# Como construir lapiz electrico?



## osk_rin (Jul 25, 2011)

que tal compañeros, estaba navegando por internet y me encontre con este aparato que llaman "lapiz electrico" asi es que me puse a buscar informacion al respecto, sobre la construccion del mismo pero no encontre nada, les dejo el video que encontre haber si alguien tiene idea de como es que se hace este aparatito que sirve para grabar metal,


----------



## gonzalocg (Jul 25, 2011)

Es muy interesante, es parecido al principio de funcionamiento de las maquinas soldadoras a arco, que es una circulación de corriente elevadísima por un pequeño punto, lo que aumenta la temperatura del metal rápidamente derritiendo la soldadura, uniendo los metales a soldar.

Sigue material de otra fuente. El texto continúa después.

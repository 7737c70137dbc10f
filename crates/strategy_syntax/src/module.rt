//! Modules: what they declare, and their definitions.

ghost use Rattle.std.specs.Prelude.{◌≡◌, ◌↔◌, ◌<◌, length, IfSome, IsTrue};

use crate::names::same_names;
use crate::{Place, Placed, Strategy};
use std::marker::Model;
use term_core::Name;
use term_sorts::{Declaration, Injection};

/// A constructor that a signature declares, with the number of its arguments.
#[derive(PartialEq, Eq, Hash)]
pub struct Constructor {
    name: Name,
    arity: usize,
}

impl Model for Constructor {
    ghost use Rattle.strategy_syntax.specs.Modules.{Constructor};
    ghost use Rattle.strategy_syntax.specs.inside.ModuleCodes.{constructor_code};

    ghost Value = { Constructor };

    ghost coded = { constructor_code };

    ghost view = { λ c. record { name = c.name; arity = c.arity } };

    ghost inverse = { λ c. record { name = c.name; arity = c.arity } };
}

// By hand: a derived drop is proved anew in each crate that drops it.
impl Drop for Constructor {
    fn drop(self) {
        let Constructor { name: _, arity: _ } = self;
    }
}

/// A definition `f(s1,..,sn|x1,..,xm) = s`. A rule is one too, with its body in core forms.
pub struct Definition {
    name: Name,
    strategy_parameters: Vec<Name>,
    term_parameters: Vec<Name>,
    body: Strategy,
    // Where it stands in its text. Contracts don't see it.
    place: Place,
}

impl Model for Definition {
    ghost use Rattle.strategy_syntax.specs.Modules.{Definition};
    ghost use Rattle.strategy_syntax.specs.inside.ModuleCodes.{definition_code};

    ghost Value = { Definition };

    ghost coded = { definition_code };

    ghost view = { λ d. record {
      name = d.name;
      strategy_parameters = d.strategy_parameters.items;
      term_parameters = d.term_parameters.items;
      body = d.body;
    } };
}

// By hand: a derived drop is proved anew in each crate that drops it.
impl Drop for Definition {
    fn drop(self) {
        let Definition {
            name: _,
            strategy_parameters: _,
            term_parameters: _,
            body: _,
            place: _,
        } = self;
    }
}

/// The declarations and definitions of a module, in the order of its text.
pub struct Module {
    constructors: Vec<Placed<Constructor>>,
    declarations: Vec<Declaration>,
    injections: Vec<Injection>,
    definitions: Vec<Definition>,
}

impl Model for Module {
    ghost use Rattle.strategy_syntax.specs.Modules.{Module};
    ghost use Rattle.strategy_syntax.specs.inside.ModuleCodes.{module_code};

    ghost Value = { Module };

    ghost coded = { module_code };

    ghost view = { λ m. record {
      constructors = m.constructors.items;
      declarations = m.declarations.items;
      injections = m.injections.items;
      definitions = m.definitions.items;
    } };
}

// By hand: a derived drop is proved anew in each crate that drops it.
impl Drop for Module {
    fn drop(self) {
        let Module {
            constructors: _,
            declarations: _,
            injections: _,
            definitions: _,
        } = self;
    }
}

impl Constructor {
    /// The constructor with this name and number of arguments.
    pub fn new(name: Name, arity: usize) -> Constructor
        ensures { result ≡ record { name = name; arity = arity } }
    {
        Constructor { name, arity }
    }

    pub fn name(&self) -> &Name
        ensures { result.now ≡ self.now.name }
    {
        &self.name
    }

    /// The number of arguments.
    pub fn arity(&self) -> usize
        ensures { result ≡ self.now.arity }
    {
        self.arity
    }

    /// Whether the two constructors are equal.
    pub fn equals(&self, other: &Constructor) -> bool
        ensures { IsTrue result ↔ (self.now ≡ other.now) }
    {
        self.arity == other.arity && self.name.equals(&other.name)
    }
}

impl Definition {
    /// The definition with this name, these parameters and this body, which stands in no text.
    pub fn new(
        name: Name,
        strategy_parameters: Vec<Name>,
        term_parameters: Vec<Name>,
        body: Strategy,
    ) -> Definition
        ensures { result ≡ record {
          name = name;
          strategy_parameters = strategy_parameters.items;
          term_parameters = term_parameters.items;
          body = body;
        } }
    {
        Definition {
            name,
            strategy_parameters,
            term_parameters,
            body,
            place: Place::nowhere(),
        }
    }

    /// The same definition, at this place of its text.
    pub fn at(mut self, place: Place) -> Definition
        ensures { result ≡ self }
    {
        self.place = place;
        self
    }

    /// Where it stands in its text, from its name on.
    pub fn place(&self) -> Place {
        self.place
    }

    pub fn name(&self) -> &Name
        ensures { result.now ≡ self.now.name }
    {
        &self.name
    }

    /// The names of the strategy parameters.
    pub fn strategy_parameters(&self) -> &[Name]
        ensures { result.now ≡ self.now.strategy_parameters }
    {
        self.strategy_parameters.as_slice()
    }

    /// The names of the term parameters.
    pub fn term_parameters(&self) -> &[Name]
        ensures { result.now ≡ self.now.term_parameters }
    {
        self.term_parameters.as_slice()
    }

    /// Where the strategy parameter of this index stands, counted from 0.
    pub fn strategy_parameter_place(&self, index: usize) -> Place {
        if index >= self.strategy_parameters.len() {
            return Place::nowhere();
        }
        // the name and `(`, and each parameter with a comma after it
        self.place.token(index.saturating_mul(2).saturating_add(2))
    }

    /// Where the term parameter of this index stands, counted from 0.
    pub fn term_parameter_place(&self, index: usize) -> Place {
        if index >= self.term_parameters.len() {
            return Place::nowhere();
        }
        // before the first one, the strategy parameters with commas between them, and `|`
        let strategies = self.strategy_parameters.len().saturating_mul(2);
        let first = strategies.max(1).saturating_add(2);
        self.place
            .token(index.saturating_mul(2).saturating_add(first))
    }

    pub fn body(&self) -> &Strategy
        ensures { result.now ≡ self.now.body }
    {
        &self.body
    }

    /// Whether the two definitions are equal, names of parameters included.
    pub fn equals(&self, other: &Definition) -> bool
        ensures { IsTrue result ↔ (self.now ≡ other.now) }
    {
        self.name.equals(&other.name)
            && same_names(&self.strategy_parameters, &other.strategy_parameters)
            && same_names(&self.term_parameters, &other.term_parameters)
            && self.body.equals(&other.body)
    }
}

impl Module {
    /// The module with these declarations and definitions, in this order.
    pub fn new(
        constructors: Vec<Placed<Constructor>>,
        declarations: Vec<Declaration>,
        injections: Vec<Injection>,
        definitions: Vec<Definition>,
    ) -> Module
        ensures { result ≡ record {
          constructors = constructors.items;
          declarations = declarations.items;
          injections = injections.items;
          definitions = definitions.items;
        } }
    {
        Module {
            constructors,
            declarations,
            injections,
            definitions,
        }
    }

    pub fn constructors(&self) -> &[Placed<Constructor>]
        ensures { result.now ≡ self.now.constructors }
    {
        self.constructors.as_slice()
    }

    /// The constructors with the sorts of their arguments and of their terms.
    pub fn declarations(&self) -> &[Declaration]
        ensures { result.now ≡ self.now.declarations }
    {
        self.declarations.as_slice()
    }

    /// The sorts whose terms are of another sort, too.
    pub fn injections(&self) -> &[Injection]
        ensures { result.now ≡ self.now.injections }
    {
        self.injections.as_slice()
    }

    pub fn definitions(&self) -> &[Definition]
        ensures { result.now ≡ self.now.definitions }
    {
        self.definitions.as_slice()
    }

    /// The index of the definition that this place is in, if there is one.
    pub fn definition_at(&self, place: Place) -> Option<usize>
        ensures { IfSome result (λ index. index < length self.now.definitions) }
    {
        for (index, definition) in self.definitions.iter().enumerate() {
            if definition.place().contains(place) {
                return Some(index);
            }
        }
        None
    }

    /// Whether the two modules are equal, in the same order.
    pub fn equals(&self, other: &Module) -> bool
        ensures { IsTrue result ↔ (self.now ≡ other.now) }
    {
        same_constructors(&self.constructors, &other.constructors)
            && same_declarations(&self.declarations, &other.declarations)
            && same_injections(&self.injections, &other.injections)
            && same_definitions(&self.definitions, &other.definitions)
    }
}

fn same_constructors(constructors: &[Placed<Constructor>], others: &[Placed<Constructor>]) -> bool
    ensures { IsTrue result ↔ (constructors.now ≡ others.now) }
{
    if constructors.len() != others.len() {
        return false;
    }
    for (constructor, other) in constructors.iter().zip(others) {
        if !constructor.item().equals(other.item()) {
            return false;
        }
    }
    true
}

fn same_declarations(declarations: &[Declaration], others: &[Declaration]) -> bool
    ensures { IsTrue result ↔ (declarations.now ≡ others.now) }
{
    if declarations.len() != others.len() {
        return false;
    }
    for (declaration, other) in declarations.iter().zip(others) {
        if !declaration.equals(other) {
            return false;
        }
    }
    true
}

fn same_injections(injections: &[Injection], others: &[Injection]) -> bool
    ensures { IsTrue result ↔ (injections.now ≡ others.now) }
{
    if injections.len() != others.len() {
        return false;
    }
    for (injection, other) in injections.iter().zip(others) {
        if !injection.equals(other) {
            return false;
        }
    }
    true
}

fn same_definitions(definitions: &[Definition], others: &[Definition]) -> bool
    ensures { IsTrue result ↔ (definitions.now ≡ others.now) }
{
    if definitions.len() != others.len() {
        return false;
    }
    for (definition, other) in definitions.iter().zip(others) {
        if !definition.equals(other) {
            return false;
        }
    }
    true
}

este lápiz usa el mismo procedimiento, aunque aprovechando los golpes de energía que lanza una bobina cuando se colapsa su campo magnético a causa de la desconexión de uno de sus extremos(creo que es así, si no corríjanme), pero básicamente, en la construcción no hay nada extraordinario, solo imagínate un relé, con carcasa transparente, conéctalo de la forma que indica la imagen, e imagínatelo funcionando, se producirán oscilaciones que aran que aparezcan el circuito, específicamente, entre los contactos del interruptor del relé... ahora construye el circuito en un lápiz, y que ahora los contactos del relé serán reemplazados por la placa a grabar y la punta del lápiz, por lo que la chispa se producirá entre ellos y derritiera el metal, grabando el metal.

Entre más vueltas la bobina tenga mayor energía, pero también mayor resistencia (la del alambre de cobre) por lo que deberás equilibrar esto, pero también, considera que entre más voltaje je entregues al circuito mayor energía igualmente... tu calcula a lo que necesites, considera que entre mayor energía tenga el sistema, la grabación será más profunda o más grande por decirlo así.

Con ver el video tendrías que imaginártelo funcionando y, una vez que lo vez funcionando en tu mente, deberías imaginarte como construirlo... en eso se basa casi toda la construcción de circuitos, en ver funcionar algo, entenderlo, y después construirlo... aunque creo que el que inventa el circuito los hace al revés.


----------



## malesi (Jul 25, 2011)

Un poco más de información.


----------



## osk_rin (Jul 25, 2011)

gonzalocg. 
muchisimas gracias por la explicacion teorica, ya la é analizado y me ha dado una mejor idea 

malesi.
perfecto, no sabia concretamente como es que se llamaba pero ahora lo se "pluma de edison", el documento que agregaste, esta muy completo, hasta con lista de materiales solo falta ponerse a fabricarlo y ponerle unos agregados como una fuente varible para regular la potencia 

gracias por su valiosa ayuda.


----------



## osk_rin (Jul 28, 2011)

no me funciono, me han de faltar muchos detalles en la construccion del mismo.


----------